// Building a structure: its questions, then its bytes, its cell and its marks.
ghost use Rattle.std.specs.Prelude.{◌≡◌, ℕ, ◌+◌, ◌≤◌, true, false, List, length, take, IfSome};
ghost use Rattle.steps.specs.Spaces.{InSpace};
ghost use Rattle.control_words.specs.Structures.{bytes_of, cells_of, kinds_of, learned, marks_of, Builds, Learns};
ghost use Rattle.definition.specs.Compile.{are_marks};
ghost use Rattle.dictionary.specs.Dict.{appended};
ghost use Rattle.fault.specs.declared.Reason.TheVariants.{BadMark};
ghost use Rattle.stacks.specs.Stack.{stack_of};
ghost use Rattle.steps.specs.Inside.{inside};
ghost use Rattle.steps.specs.Seats.{IsAnswered};

use super::marks::{are_marks, depth, replace_marks};
use super::structures::{Jump, Leaves, Structure, Takes};
use definition::ranged::Registers;
use definition::registers::Mark;
use fault::{Fault, Reason};
use steps::appending::append;
use steps::faults::ask;
use steps::inside::is_inside;
use steps::seat_dictionary::dictionary_of;

impl Takes {
    fn count(self) -> usize
        ensures { result ≡ length (kinds_of self) }
    {
        match self {
            Takes::Nothing => 0,
            Takes::One(_) => 1,
            Takes::Two(_, _) => 2,
        }
    }
}

impl Leaves {
    fn count(self) -> usize
        ensures { result ≡ length (marks_of self) }
    {
        match self {
            Leaves::Nothing => 0,
            Leaves::One(_) => 1,
            Leaves::Two(_, _) => 2,
        }
    }
}

// Does the cell that learns an address, if there is one, lie in the dictionary?
fn is_cell(registers: &Registers, learns: Option<u16>) -> bool
    ensures value { result ≡ learned registers.now.shared.ends.dp learns }
    ensures inside { result ≡ true → IfSome learns (λ a. (256 ≤ a) × (a + 2 ≤ registers.now.shared.ends.dp)) }
{
    match learns {
        None => true,
        Some(a) => is_inside(registers, a, 2),
    }
}

fn append_jump(
    registers: &mut Registers,
    image: &mut [u8; 65536],
    jump: Option<Jump>,
) -> Result<(), Fault>
    ensures did { InSpace (length (bytes_of jump)) (appended (bytes_of jump)) registers.old image.old result registers.new image.new }
    ensures depths { registers.new.seat.depths ≡ registers.old.seat.depths }
    ensures below { take 256 image.new ≡ take 256 image.old }
{
    match jump {
        None => append(registers, image, &[]),
        Some(jump) => append(registers, image, &jump.bytes()),
    }
}

// The cell, if there is one, learns DP.
fn learn(registers: &Registers, image: &mut [u8; 65536], learns: Option<u16>)
    requires { IfSome learns (λ a. (256 ≤ a) × (a + 2 ≤ registers.now.shared.ends.dp)) }
    ensures did { Learns learns registers.now image.old image.new }
    ensures below { take 256 image.new ≡ take 256 image.old }
{
    if let Some(a) = learns {
        dictionary_of(registers).patch(image, a, registers.shared.ends.dp);
    }
}

// Asks for the marks and their cell, and for space for marks (19) and bytes (20); then builds.
pub(crate) fn build(
    registers: &mut Registers,
    image: &mut [u8; 65536],
    marks: &mut [Mark; 32],
    structure: Structure,
) -> Result<(), Fault>
    ensures did { Builds structure registers.old image.old marks.old result registers.new image.new marks.new }
    ensures below { take 256 image.new ≡ take 256 image.old }
{
    let taken = structure.takes.count();
    let left = structure.leaves.count();
    let held = are_marks(registers, marks, structure.takes);
    ask(registers, held, Reason::BadMark)?;
    ask(
        registers,
        is_cell(registers, structure.learns),
        Reason::BadMark,
    )?;
    ask(
        registers,
        left + depth(registers) <= 32 + taken,
        Reason::BadMark,
    )?;
    append_jump(registers, image, structure.appends)?;
    learn(registers, image, structure.learns);
    replace_marks(registers, marks, taken, structure.leaves);
    Ok(())
}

▶ **THE PROBLEM**:
Exact copies of the lines from the one containing "InSpace (length (bytes_of" through the end of the listing, both included, are the only thing wanted.

▶ **RESPONSE**:
    ensures did { InSpace (length (bytes_of jump)) (appended (bytes_of jump)) registers.old image.old result registers.new image.new }
    ensures depths { registers.new.seat.depths ≡ registers.old.seat.depths }
    ensures below { take 256 image.new ≡ take 256 image.old }
{
    match jump {
        None => append(registers, image, &[]),
        Some(jump) => append(registers, image, &jump.bytes()),
    }
}

// The cell, if there is one, learns DP.
fn learn(registers: &Registers, image: &mut [u8; 65536], learns: Option<u16>)
    requires { IfSome learns (λ a. (256 ≤ a) × (a + 2 ≤ registers.now.shared.ends.dp)) }
    ensures did { Learns learns registers.now image.old image.new }
    ensures below { take 256 image.new ≡ take 256 image.old }
{
    if let Some(a) = learns {
        dictionary_of(registers).patch(image, a, registers.shared.ends.dp);
    }
}

// Asks for the marks and their cell, and for space for marks (19) and bytes (20); then builds.
pub(crate) fn build(
    registers: &mut Registers,
    image: &mut [u8; 65536],
    marks: &mut [Mark; 32],
    structure: Structure,
) -> Result<(), Fault>
    ensures did { Builds structure registers.old image.old marks.old result registers.new image.new marks.new }
    ensures below { take 256 image.new ≡ take 256 image.old }
{
    let taken = structure.takes.count();
    let left = structure.leaves.count();
    let held = are_marks(registers, marks, structure.takes);
    ask(registers, held, Reason::BadMark)?;
    ask(
        registers,
        is_cell(registers, structure.learns),
        Reason::BadMark,
    )?;
    ask(
        registers,
        left + depth(registers) <= 32 + taken,
        Reason::BadMark,
    )?;
    append_jump(registers, image, structure.appends)?;
    learn(registers, image, structure.learns);
    replace_marks(registers, marks, taken, structure.leaves);
    Ok(())
}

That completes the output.